Hope you know the way of setting path in Windows 8. //C:\Program Files\Java\jre1.8.0_121 surely as there is space between Program and Files, these kind of errors are possible. Please correct this path or store this in a path where no space is involved.In Path add JRE_HOME path and click ok Reopen Command prompt window, then again give startup.bat

希望你知道在Windows 8中设置路径的方法。 // C:\Program Files\Java\jre1.8.0_121 肯定是因为Program和Files之间有空格，所以这种错误是可能的。
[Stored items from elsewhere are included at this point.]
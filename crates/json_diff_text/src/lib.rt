//! Patches made from two JSON texts, of any numbers: the patch (RFC 6902), as it is, with moves or with
//! tests, and the merge patch (RFC 7396) between them, [`diff_text`], [`moving_diff_text`],
//! [`guarded_diff_text`] and [`merge_diff_text`], and of two merge patches one that does both,
//! [`merge_both_text`].
//!
//! Each text is read as a document in which a whole number stands for each numeral, the same one where
//! equal numbers are compared. `json_patch_diff`, `json_patch_moves` or `json_merge_diff` makes the patch
//! of the two documents, which is written with the numerals in place of the numbers. That it leads from
//! the one text to the other rests on this: an operation that is accepted does with other numbers what it
//! does with these, and so does a merge.
#![tactic(auto)]

mod coding;
mod comparing;
mod composing;
mod difference;
mod fault;
mod guarding;
mod key;
mod merging;
mod moving;
mod numerals;
mod reading;
mod showing;
mod spelling;
mod writing;

pub use comparing::MOST_LEVELS;
pub use composing::merge_both_text;
pub use difference::diff_text;
pub use fault::{BothTextFault, DiffTextFault};
pub use guarding::guarded_diff_text;
pub use merging::merge_diff_text;
pub use moving::moving_diff_text;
请更正此路径或将其存储在不涉及空间的路径中。在 Path 添加 JRE_HOME 路径并单击确定重新打开命令提示窗口，然后再次提供 startup.bat

Hope this helps

希望这可以帮助

I was facing the same issue.

我面临同样的问题。

Firstly in your question it seems that the JRE_HOMEis having \bin. This is not required. Still you might get this error. So here is what I found to resolve this issue-

首先，在您的问题中，似乎JRE_HOME有\bin. 这不是必需的。您仍然可能会收到此错误。所以这是我发现解决这个问题的方法 -

In the running.txtdocument that come with the Apache Tomcat says that it is better if the JRE_HOMEis defined in setenv.batfile. This file does not exist on its own so you need to create it. The file has to be in %CATALINA_BASE%\bin\setenv.batpath and the content should be

running.txtApache Tomcat 附带的文档中说如果JRE_HOME在setenv.bat文件中定义更好。此文件本身并不存在，因此您需要创建它。文件必须在%CATALINA_BASE%\bin\setenv.bat路径中，内容应该是

set "JRE_HOME=C:\Java\jre8"
exit /b 0

JRE_HOMEshould be the path where your JRE exist. Now you can start the server.

JRE_HOME应该是您的 JRE 存在的路径。现在您可以启动服务器了。